» Work request: Give back the full listing that follows exactly as it reads.

########

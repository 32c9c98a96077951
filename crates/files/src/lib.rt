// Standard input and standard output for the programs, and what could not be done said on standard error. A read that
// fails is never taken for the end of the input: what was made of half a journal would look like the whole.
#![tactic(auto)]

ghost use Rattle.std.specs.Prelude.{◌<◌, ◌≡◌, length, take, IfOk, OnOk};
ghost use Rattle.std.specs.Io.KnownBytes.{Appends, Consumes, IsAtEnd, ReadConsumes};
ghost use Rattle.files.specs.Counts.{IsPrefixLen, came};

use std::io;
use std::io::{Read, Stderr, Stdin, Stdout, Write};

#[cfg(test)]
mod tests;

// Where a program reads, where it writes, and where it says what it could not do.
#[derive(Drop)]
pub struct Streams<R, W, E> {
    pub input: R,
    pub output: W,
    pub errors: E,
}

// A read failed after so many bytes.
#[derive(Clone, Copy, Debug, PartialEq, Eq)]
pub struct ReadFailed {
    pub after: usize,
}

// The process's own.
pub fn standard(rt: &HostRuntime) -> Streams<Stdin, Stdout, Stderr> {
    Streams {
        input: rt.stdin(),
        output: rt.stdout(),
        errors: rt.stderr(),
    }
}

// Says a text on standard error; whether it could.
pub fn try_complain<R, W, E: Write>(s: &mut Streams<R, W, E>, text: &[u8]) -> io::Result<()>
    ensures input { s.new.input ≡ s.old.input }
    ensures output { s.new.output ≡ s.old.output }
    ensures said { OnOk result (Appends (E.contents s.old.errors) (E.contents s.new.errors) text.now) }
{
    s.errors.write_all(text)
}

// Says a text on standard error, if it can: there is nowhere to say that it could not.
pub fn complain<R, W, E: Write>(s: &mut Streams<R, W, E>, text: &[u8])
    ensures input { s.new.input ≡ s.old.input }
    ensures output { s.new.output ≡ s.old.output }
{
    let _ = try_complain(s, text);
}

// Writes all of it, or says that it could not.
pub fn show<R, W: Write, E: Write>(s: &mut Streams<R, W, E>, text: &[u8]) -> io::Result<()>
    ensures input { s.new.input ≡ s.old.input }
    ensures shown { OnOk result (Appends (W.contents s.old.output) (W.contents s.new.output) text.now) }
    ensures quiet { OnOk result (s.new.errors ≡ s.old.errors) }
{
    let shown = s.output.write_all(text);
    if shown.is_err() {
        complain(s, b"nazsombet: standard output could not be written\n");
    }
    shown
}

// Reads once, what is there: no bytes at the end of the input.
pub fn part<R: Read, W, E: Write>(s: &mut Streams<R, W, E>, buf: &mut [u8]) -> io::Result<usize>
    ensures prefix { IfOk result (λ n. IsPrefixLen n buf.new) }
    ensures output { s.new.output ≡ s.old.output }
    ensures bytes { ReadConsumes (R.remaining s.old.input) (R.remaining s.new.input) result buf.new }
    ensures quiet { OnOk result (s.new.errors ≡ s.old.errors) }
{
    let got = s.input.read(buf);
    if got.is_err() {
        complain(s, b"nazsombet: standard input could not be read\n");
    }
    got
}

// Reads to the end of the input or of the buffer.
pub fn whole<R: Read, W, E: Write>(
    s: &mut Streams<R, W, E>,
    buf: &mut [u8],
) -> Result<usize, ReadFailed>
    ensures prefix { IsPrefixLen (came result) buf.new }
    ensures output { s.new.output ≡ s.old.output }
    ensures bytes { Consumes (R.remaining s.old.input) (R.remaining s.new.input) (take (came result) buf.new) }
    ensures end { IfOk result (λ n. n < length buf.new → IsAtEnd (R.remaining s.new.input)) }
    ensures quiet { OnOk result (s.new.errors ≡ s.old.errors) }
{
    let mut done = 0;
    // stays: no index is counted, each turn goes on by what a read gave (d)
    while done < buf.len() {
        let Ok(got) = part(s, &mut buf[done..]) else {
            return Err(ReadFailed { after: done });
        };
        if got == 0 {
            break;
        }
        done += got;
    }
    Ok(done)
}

########

» Solution to this task:
repository 32c9c98a96077951
filename crates/files/src/lib.rt
// Standard input and standard output for the programs, and what could not be done said on standard error. A read that
// fails is never taken for the end of the input: what was made of half a journal would look like the whole.
#![tactic(auto)]

ghost use Rattle.std.specs.Prelude.{◌<◌, ◌≡◌, length, take, IfOk, OnOk};
ghost use Rattle.std.specs.Io.KnownBytes.{Appends, Consumes, IsAtEnd, ReadConsumes};
ghost use Rattle.files.specs.Counts.{IsPrefixLen, came};

use std::io;
use std::io::{Read, Stderr, Stdin, Stdout, Write};

#[cfg(test)]
mod tests;

// Where a program reads, where it writes, and where it says what it could not do.
#[derive(Drop)]
pub struct Streams<R, W, E> {
    pub input: R,
    pub output: W,
    pub errors: E,
}

// A read failed after so many bytes.
#[derive(Clone, Copy, Debug, PartialEq, Eq)]
pub struct ReadFailed {
    pub after: usize,
}

// The process's own.
pub fn standard(rt: &HostRuntime) -> Streams<Stdin, Stdout, Stderr> {
    Streams {
        input: rt.stdin(),
        output: rt.stdout(),
        errors: rt.stderr(),
    }
}

// Says a text on standard error; whether it could.
pub fn try_complain<R, W, E: Write>(s: &mut Streams<R, W, E>, text: &[u8]) -> io::Result<()>
    ensures input { s.new.input ≡ s.old.input }
    ensures output { s.new.output ≡ s.old.output }
    ensures said { OnOk result (Appends (E.contents s.old.errors) (E.contents s.new.errors) text.now) }
{
    s.errors.write_all(text)
}

// Says a text on standard error, if it can: there is nowhere to say that it could not.
pub fn complain<R, W, E: Write>(s: &mut Streams<R, W, E>, text: &[u8])
    ensures input { s.new.input ≡ s.old.input }
    ensures output { s.new.output ≡ s.old.output }
{
    let _ = try_complain(s, text);
}

// Writes all of it, or says that it could not.
pub fn show<R, W: Write, E: Write>(s: &mut Streams<R, W, E>, text: &[u8]) -> io::Result<()>
    ensures input { s.new.input ≡ s.old.input }
    ensures shown { OnOk result (Appends (W.contents s.old.output) (W.contents s.new.output) text.now) }
    ensures quiet { OnOk result (s.new.errors ≡ s.old.errors) }
{
    let shown = s.output.write_all(text);
    if shown.is_err() {
        complain(s, b"nazsombet: standard output could not be written\n");
    }
    shown
}

// Reads once, what is there: no bytes at the end of the input.
pub fn part<R: Read, W, E: Write>(s: &mut Streams<R, W, E>, buf: &mut [u8]) -> io::Result<usize>
    ensures prefix { IfOk result (λ n. IsPrefixLen n buf.new) }
    ensures output { s.new.output ≡ s.old.output }
    ensures bytes { ReadConsumes (R.remaining s.old.input) (R.remaining s.new.input) result buf.new }
    ensures quiet { OnOk result (s.new.errors ≡ s.old.errors) }
{
    let got = s.input.read(buf);
    if got.is_err() {
        complain(s, b"nazsombet: standard input could not be read\n");
    }
    got
}

// Reads to the end of the input or of the buffer.
pub fn whole<R: Read, W, E: Write>(
    s: &mut Streams<R, W, E>,
    buf: &mut [u8],
) -> Result<usize, ReadFailed>
    ensures prefix { IsPrefixLen (came result) buf.new }
    ensures output { s.new.output ≡ s.old.output }
    ensures bytes { Consumes (R.remaining s.old.input) (R.remaining s.new.input) (take (came result) buf.new) }
    ensures end { IfOk result (λ n. n < length buf.new → IsAtEnd (R.remaining s.new.input)) }
    ensures quiet { OnOk result (s.new.errors ≡ s.old.errors) }
{
    let mut done = 0;
    // stays: no index is counted, each turn goes on by what a read gave (d)
    while done < buf.len() {
        let Ok(got) = part(s, &mut buf[done..]) else {
            return Err(ReadFailed { after: done });
        };
        if got == 0 {
            break;
        }
        done += got;
    }
    Ok(done)
}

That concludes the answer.